- GIVEN DATA
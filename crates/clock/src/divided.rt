ghost use Rattle.std.specs.Prelude.{◌≡◌};
ghost use Rattle.state.specs.Device.{device_of};
ghost use Rattle.clock.specs.Rollover.{division};

use crate::sound::Sound;
use state::{PhaseParts, PhaseUnits};

// A number of parts of a phase unit, as the whole units in it and the parts that they leave, with its sign.
#[derive(Clone, Copy)]
pub(crate) struct Divided {
    pub(crate) quotient: PhaseUnits,
    pub(crate) remainder: PhaseParts,
}

impl Sound {
    // A frequency unit is a part of a phase unit a tick: so frequencies are divided too.
    pub(crate) fn divide(self, parts: i32) -> Divided
        ensures { result ≡ division (device_of self.clock.kind) parts }
    {
        let divisor = self.divisor();
        Divided {
            quotient: PhaseUnits(parts / divisor),
            remainder: PhaseParts(parts % divisor),
        }
    }
}
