// A clock that has been judged once, so that nothing below a call asks again.
ghost use Rattle.std.specs.Prelude.{◌≡◌, true, false, pos, MatchOption};
ghost use Rattle.state.specs.Device.{device_of};
ghost use Rattle.state.specs.State.{in_range};

use state::{Clock, Device, device_constants, in_range};

// A clock whose fields all lie in their ranges.
#[derive(Clone, Copy)]
pub(crate) struct Sound {
    pub(crate) clock: Clock,
    ghost in_range: { in_range clock ≡ true },
}

impl Sound {
    // The clock as it is, or nothing if a field lies outside its range.
    pub(crate) fn of(c: Clock) -> Option<Sound>
        ensures { MatchOption result (in_range c ≡ false) (λ s. s.clock ≡ c) }
    {
        if in_range(c) {
            Some(Sound { clock: c })
        } else {
            None
        }
    }

    // The numbers of its device.
    pub(crate) fn device(self) -> Device
        ensures { result ≡ device_of self.clock.kind }
    {
        device_constants(self.clock.kind).device
    }

    // The parts that make a phase unit.
    pub(crate) fn divisor(self) -> i32
        ensures { result ≡ pos (device_of self.clock.kind).divisor }
    {
        self.device().divisor as i32
    }
}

- PROMPT
Search the listing above for the lines with "in_range clock ≡" and "pub(crate) fn divisor(self) -> i32", then output those lines and all lines between them exactly.

- EXERCISE RESULT
    ghost in_range: { in_range clock ≡ true },
}

impl Sound {
    // The clock as it is, or nothing if a field lies outside its range.
    pub(crate) fn of(c: Clock) -> Option<Sound>
        ensures { MatchOption result (in_range c ≡ false) (λ s. s.clock ≡ c) }
    {
        if in_range(c) {
            Some(Sound { clock: c })
        } else {
            None
        }
    }

    // The numbers of its device.
    pub(crate) fn device(self) -> Device
        ensures { result ≡ device_of self.clock.kind }
    {
        device_constants(self.clock.kind).device
    }

    // The parts that make a phase unit.
    pub(crate) fn divisor(self) -> i32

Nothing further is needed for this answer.